Stored data
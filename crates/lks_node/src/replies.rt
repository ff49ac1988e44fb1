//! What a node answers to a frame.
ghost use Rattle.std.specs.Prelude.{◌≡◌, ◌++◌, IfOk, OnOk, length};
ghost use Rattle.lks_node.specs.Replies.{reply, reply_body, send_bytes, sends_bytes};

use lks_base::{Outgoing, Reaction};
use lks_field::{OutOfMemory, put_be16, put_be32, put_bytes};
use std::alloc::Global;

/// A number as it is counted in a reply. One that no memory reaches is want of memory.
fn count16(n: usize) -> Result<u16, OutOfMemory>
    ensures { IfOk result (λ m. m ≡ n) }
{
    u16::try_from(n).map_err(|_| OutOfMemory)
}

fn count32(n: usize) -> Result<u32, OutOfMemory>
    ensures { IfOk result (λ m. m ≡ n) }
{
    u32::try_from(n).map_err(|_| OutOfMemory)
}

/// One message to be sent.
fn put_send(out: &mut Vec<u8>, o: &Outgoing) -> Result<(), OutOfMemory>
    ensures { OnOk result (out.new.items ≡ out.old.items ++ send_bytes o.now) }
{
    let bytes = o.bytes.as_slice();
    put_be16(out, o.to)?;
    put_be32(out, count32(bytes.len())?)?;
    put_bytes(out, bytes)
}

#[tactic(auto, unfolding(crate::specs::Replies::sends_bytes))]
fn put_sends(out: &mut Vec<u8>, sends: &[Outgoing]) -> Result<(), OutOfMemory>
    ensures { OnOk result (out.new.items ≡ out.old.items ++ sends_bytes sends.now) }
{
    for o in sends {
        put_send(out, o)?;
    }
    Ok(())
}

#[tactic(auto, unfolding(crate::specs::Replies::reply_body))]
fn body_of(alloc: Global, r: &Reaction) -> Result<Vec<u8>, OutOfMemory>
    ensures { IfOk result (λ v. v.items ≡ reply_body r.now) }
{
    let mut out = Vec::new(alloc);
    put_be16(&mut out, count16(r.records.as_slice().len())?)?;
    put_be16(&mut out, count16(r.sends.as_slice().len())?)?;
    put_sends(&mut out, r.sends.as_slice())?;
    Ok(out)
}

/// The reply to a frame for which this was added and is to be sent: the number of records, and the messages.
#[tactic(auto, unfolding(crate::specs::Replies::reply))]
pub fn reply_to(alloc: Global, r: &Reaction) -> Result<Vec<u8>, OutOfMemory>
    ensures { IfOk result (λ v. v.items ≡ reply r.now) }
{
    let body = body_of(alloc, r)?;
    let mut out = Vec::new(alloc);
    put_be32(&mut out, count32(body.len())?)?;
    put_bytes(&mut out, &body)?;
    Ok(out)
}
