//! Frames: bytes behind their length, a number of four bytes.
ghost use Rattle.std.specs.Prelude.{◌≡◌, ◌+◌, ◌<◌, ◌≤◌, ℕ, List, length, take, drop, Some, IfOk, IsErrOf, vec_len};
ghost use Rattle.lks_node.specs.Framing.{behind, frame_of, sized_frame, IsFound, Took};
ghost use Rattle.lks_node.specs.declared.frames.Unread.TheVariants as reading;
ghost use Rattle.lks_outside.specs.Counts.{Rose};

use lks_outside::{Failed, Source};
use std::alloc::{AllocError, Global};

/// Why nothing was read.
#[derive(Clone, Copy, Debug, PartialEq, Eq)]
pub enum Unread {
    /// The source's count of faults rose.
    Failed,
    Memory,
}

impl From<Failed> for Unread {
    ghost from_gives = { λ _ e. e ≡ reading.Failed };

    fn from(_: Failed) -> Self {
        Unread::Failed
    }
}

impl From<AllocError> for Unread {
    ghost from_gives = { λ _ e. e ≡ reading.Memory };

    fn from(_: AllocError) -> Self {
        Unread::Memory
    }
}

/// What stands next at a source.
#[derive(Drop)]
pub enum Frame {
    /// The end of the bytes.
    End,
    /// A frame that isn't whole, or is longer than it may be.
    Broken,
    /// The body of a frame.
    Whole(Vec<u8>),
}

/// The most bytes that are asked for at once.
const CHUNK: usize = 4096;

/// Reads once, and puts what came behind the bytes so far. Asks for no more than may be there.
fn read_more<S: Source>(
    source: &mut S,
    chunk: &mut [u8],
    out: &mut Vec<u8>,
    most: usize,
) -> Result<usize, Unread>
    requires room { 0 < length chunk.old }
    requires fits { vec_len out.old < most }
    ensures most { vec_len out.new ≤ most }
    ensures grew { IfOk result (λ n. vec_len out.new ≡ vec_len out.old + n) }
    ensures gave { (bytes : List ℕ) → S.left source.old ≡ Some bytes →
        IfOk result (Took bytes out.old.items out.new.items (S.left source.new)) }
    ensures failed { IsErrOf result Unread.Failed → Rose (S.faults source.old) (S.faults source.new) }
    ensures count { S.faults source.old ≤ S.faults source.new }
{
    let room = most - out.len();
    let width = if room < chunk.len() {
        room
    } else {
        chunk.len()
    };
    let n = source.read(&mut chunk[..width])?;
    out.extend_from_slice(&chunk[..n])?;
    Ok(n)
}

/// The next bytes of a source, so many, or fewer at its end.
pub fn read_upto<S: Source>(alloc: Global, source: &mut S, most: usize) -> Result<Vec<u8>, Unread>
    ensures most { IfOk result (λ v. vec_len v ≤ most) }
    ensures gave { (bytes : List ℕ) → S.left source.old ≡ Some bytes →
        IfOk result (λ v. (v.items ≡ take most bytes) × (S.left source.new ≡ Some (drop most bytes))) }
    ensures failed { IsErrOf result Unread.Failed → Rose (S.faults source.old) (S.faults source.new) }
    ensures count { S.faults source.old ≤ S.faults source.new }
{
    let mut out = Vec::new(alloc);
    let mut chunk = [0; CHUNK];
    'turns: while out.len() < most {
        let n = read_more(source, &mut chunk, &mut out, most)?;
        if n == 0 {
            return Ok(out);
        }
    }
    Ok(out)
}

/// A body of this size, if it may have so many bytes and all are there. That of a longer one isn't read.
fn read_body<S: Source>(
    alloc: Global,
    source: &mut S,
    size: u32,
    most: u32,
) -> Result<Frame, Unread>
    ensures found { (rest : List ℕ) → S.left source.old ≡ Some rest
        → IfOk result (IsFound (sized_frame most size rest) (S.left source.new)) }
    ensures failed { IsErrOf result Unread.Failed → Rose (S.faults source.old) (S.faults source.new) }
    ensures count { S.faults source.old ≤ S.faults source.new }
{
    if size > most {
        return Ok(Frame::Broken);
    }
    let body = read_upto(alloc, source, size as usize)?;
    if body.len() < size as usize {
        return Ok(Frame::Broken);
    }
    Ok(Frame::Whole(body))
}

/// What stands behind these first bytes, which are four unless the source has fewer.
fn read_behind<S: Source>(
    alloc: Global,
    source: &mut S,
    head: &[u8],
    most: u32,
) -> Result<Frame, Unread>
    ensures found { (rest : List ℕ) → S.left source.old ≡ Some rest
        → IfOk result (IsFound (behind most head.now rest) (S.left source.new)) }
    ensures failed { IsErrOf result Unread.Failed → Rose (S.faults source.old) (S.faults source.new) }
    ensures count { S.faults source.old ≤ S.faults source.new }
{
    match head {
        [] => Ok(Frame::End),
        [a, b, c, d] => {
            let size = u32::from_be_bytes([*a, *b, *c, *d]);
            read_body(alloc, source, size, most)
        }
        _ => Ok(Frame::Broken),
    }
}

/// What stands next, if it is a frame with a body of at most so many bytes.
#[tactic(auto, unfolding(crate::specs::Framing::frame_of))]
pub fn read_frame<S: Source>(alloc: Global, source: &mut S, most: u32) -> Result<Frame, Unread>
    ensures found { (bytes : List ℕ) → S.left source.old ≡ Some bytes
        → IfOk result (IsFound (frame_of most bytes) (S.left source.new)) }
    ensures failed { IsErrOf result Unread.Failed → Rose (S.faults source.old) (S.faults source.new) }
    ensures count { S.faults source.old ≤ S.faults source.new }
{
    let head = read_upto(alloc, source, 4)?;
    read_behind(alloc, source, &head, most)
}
==
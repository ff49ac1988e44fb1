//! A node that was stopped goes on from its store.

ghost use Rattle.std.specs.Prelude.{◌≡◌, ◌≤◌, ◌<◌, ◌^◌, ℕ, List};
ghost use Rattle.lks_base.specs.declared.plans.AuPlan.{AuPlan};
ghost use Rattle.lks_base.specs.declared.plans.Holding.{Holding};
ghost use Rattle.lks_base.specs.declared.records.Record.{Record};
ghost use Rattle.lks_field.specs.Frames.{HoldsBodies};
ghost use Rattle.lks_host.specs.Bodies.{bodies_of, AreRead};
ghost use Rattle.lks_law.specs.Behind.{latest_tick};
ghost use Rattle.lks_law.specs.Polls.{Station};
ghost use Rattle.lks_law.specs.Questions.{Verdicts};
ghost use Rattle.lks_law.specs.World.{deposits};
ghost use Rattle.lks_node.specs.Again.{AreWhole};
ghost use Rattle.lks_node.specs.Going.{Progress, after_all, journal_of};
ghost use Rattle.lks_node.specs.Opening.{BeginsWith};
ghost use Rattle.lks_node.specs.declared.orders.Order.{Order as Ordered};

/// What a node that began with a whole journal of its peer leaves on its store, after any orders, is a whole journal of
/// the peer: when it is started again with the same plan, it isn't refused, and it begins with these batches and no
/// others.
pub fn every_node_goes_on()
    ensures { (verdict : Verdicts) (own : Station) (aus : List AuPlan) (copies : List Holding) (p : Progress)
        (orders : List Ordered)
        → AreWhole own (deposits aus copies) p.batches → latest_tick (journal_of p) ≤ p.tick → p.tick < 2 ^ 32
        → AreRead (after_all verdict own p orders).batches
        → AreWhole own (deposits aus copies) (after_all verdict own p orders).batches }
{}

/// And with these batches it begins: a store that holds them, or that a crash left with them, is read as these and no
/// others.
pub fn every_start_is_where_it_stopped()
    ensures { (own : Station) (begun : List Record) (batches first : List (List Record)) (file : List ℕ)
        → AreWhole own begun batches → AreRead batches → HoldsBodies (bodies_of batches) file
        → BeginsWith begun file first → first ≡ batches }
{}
...
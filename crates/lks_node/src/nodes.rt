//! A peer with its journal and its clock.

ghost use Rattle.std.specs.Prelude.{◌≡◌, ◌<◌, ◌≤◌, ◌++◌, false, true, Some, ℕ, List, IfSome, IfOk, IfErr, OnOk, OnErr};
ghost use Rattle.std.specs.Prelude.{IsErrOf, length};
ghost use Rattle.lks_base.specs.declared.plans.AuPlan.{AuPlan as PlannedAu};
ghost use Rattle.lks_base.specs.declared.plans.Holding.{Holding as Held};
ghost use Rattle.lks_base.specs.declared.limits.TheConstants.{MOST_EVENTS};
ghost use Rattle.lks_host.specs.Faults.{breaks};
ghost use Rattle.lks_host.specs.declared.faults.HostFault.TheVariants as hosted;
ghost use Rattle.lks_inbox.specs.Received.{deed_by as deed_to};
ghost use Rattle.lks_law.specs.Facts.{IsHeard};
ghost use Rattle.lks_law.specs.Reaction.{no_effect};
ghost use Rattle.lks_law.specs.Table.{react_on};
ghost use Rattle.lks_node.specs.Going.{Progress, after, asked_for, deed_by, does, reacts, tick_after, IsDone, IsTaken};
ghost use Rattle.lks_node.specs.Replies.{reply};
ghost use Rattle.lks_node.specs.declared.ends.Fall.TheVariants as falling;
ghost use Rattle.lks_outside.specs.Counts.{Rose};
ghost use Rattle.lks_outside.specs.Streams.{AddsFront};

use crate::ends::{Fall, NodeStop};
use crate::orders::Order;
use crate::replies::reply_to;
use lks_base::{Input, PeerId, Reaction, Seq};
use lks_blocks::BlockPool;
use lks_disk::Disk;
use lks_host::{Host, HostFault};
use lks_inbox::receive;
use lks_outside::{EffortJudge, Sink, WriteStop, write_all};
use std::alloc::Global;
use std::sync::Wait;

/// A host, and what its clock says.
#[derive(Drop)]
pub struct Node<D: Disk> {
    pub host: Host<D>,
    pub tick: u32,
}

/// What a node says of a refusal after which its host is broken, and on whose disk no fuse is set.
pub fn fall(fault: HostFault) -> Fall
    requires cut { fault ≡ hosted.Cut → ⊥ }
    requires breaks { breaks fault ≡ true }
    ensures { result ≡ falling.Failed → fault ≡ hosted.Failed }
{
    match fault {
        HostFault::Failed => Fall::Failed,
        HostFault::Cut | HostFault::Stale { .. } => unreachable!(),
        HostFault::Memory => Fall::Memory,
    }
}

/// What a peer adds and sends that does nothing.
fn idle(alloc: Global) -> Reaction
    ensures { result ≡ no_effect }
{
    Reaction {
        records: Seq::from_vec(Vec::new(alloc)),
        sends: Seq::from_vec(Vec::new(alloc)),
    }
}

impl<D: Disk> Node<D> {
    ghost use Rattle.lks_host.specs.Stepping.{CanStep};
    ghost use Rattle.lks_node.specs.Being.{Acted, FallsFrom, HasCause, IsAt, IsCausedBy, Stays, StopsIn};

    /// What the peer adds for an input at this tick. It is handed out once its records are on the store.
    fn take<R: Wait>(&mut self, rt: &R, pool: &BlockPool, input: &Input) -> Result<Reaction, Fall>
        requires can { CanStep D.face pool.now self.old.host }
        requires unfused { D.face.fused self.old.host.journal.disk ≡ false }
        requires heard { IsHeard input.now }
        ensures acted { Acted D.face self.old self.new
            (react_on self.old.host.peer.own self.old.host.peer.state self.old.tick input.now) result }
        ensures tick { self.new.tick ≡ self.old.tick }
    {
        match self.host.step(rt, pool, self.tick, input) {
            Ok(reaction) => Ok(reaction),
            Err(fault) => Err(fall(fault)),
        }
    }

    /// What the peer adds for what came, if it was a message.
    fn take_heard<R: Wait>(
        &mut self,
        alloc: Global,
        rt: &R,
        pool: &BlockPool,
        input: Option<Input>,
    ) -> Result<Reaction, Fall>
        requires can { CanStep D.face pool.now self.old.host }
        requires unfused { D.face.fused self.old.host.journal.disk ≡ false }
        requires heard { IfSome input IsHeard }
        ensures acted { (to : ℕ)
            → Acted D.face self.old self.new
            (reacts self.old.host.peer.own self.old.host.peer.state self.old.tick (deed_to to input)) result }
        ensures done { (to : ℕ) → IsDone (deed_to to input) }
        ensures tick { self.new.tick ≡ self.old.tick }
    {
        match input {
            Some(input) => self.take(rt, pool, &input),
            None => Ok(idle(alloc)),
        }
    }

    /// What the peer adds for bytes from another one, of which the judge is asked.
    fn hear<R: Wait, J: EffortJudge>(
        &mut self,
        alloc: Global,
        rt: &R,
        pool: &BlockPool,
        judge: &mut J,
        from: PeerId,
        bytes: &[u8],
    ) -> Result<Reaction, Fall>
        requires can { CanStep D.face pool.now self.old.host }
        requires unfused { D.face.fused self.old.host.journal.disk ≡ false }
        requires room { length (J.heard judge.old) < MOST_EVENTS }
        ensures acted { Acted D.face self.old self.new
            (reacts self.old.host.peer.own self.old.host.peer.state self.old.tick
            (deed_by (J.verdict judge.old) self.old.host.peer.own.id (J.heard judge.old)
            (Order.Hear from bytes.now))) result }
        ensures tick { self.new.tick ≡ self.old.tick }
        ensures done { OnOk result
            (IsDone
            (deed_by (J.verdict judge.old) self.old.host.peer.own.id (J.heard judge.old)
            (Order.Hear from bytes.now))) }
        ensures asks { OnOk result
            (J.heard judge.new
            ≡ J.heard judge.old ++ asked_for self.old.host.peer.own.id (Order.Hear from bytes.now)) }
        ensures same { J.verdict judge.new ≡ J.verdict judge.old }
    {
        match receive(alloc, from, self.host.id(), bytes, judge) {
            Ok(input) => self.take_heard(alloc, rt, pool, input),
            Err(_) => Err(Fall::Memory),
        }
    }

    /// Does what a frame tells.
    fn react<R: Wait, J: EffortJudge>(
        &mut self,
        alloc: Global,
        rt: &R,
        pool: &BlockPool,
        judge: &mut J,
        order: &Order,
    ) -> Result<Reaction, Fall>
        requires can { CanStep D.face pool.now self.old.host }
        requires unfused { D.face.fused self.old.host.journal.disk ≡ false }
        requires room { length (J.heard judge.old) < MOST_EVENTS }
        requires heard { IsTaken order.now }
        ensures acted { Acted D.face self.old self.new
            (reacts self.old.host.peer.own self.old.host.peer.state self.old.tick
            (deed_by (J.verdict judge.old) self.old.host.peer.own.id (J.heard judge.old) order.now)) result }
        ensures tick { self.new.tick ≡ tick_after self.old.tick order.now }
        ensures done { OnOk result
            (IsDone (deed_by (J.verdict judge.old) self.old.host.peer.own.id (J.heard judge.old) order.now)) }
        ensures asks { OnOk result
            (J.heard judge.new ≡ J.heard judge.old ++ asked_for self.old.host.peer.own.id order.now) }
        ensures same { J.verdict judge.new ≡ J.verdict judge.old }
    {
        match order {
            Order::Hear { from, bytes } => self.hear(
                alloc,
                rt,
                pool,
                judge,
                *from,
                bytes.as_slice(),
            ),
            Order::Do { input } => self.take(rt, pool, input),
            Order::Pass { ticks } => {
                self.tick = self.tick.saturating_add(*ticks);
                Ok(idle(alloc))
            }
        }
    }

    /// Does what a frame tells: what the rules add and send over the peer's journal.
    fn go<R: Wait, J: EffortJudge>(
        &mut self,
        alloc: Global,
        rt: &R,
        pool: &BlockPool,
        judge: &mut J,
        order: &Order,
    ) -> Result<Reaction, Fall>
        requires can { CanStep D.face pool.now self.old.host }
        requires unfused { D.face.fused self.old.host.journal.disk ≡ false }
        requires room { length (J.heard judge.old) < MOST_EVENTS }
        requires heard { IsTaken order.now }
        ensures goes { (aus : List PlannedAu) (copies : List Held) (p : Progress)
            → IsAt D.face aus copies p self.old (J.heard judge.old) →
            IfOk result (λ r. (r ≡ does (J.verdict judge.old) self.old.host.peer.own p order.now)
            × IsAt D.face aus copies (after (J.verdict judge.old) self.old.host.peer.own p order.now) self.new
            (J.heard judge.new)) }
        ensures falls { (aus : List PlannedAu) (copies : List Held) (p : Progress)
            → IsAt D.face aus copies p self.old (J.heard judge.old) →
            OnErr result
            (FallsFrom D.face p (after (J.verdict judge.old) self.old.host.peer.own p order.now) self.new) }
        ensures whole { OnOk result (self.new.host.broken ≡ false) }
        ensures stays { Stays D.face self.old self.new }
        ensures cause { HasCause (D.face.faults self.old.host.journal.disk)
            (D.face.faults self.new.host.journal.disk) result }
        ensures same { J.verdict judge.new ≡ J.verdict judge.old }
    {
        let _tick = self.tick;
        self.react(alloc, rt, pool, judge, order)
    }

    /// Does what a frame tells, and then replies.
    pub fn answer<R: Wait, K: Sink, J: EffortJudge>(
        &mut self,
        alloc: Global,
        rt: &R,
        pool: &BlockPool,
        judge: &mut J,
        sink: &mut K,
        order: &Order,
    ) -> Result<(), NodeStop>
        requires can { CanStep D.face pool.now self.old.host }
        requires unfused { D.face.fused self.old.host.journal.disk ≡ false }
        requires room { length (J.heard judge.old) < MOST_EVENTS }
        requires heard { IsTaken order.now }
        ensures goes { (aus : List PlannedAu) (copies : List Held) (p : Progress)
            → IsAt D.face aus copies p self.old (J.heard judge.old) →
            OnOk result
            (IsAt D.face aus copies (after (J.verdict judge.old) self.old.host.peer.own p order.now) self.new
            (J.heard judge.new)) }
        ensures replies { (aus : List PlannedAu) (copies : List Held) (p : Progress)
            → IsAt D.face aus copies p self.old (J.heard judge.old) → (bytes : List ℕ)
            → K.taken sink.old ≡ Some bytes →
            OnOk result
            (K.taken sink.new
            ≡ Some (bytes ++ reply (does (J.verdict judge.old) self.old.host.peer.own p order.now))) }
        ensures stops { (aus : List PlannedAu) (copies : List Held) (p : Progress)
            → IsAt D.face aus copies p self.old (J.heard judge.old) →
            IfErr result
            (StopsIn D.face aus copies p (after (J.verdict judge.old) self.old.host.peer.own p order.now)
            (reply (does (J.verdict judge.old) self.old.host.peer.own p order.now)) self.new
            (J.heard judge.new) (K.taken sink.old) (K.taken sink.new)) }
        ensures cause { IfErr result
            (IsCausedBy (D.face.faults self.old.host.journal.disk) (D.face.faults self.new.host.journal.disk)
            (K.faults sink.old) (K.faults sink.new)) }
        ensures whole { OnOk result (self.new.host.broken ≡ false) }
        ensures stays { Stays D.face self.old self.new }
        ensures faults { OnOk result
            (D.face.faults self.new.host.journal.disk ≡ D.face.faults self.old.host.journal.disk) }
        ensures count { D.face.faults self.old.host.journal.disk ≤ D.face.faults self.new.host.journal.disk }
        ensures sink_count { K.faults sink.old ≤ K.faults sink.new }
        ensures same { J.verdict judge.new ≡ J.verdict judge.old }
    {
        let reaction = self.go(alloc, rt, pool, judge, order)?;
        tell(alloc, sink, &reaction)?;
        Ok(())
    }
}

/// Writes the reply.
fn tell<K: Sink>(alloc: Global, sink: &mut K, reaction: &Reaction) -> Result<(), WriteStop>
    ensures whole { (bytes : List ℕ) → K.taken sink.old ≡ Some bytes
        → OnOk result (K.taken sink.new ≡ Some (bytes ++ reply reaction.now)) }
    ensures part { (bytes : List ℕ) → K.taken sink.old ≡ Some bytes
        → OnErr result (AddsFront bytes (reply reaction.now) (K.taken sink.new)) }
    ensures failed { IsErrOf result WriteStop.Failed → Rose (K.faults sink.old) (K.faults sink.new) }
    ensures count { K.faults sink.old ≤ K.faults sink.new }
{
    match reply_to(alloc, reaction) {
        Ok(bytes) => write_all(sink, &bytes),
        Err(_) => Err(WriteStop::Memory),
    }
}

→ **Task to carry out**:
Every line in the data above that contains the word "this" should be copied.

→ **Completed task**:
/// The reply to a frame for which this was added and is to be sent: the number of records, and the messages.
/// A body of this size, if it may have so many bytes and all are there. That of a longer one isn't read.
    /// What the peer adds for an input at this tick. It is handed out once its records are on the store.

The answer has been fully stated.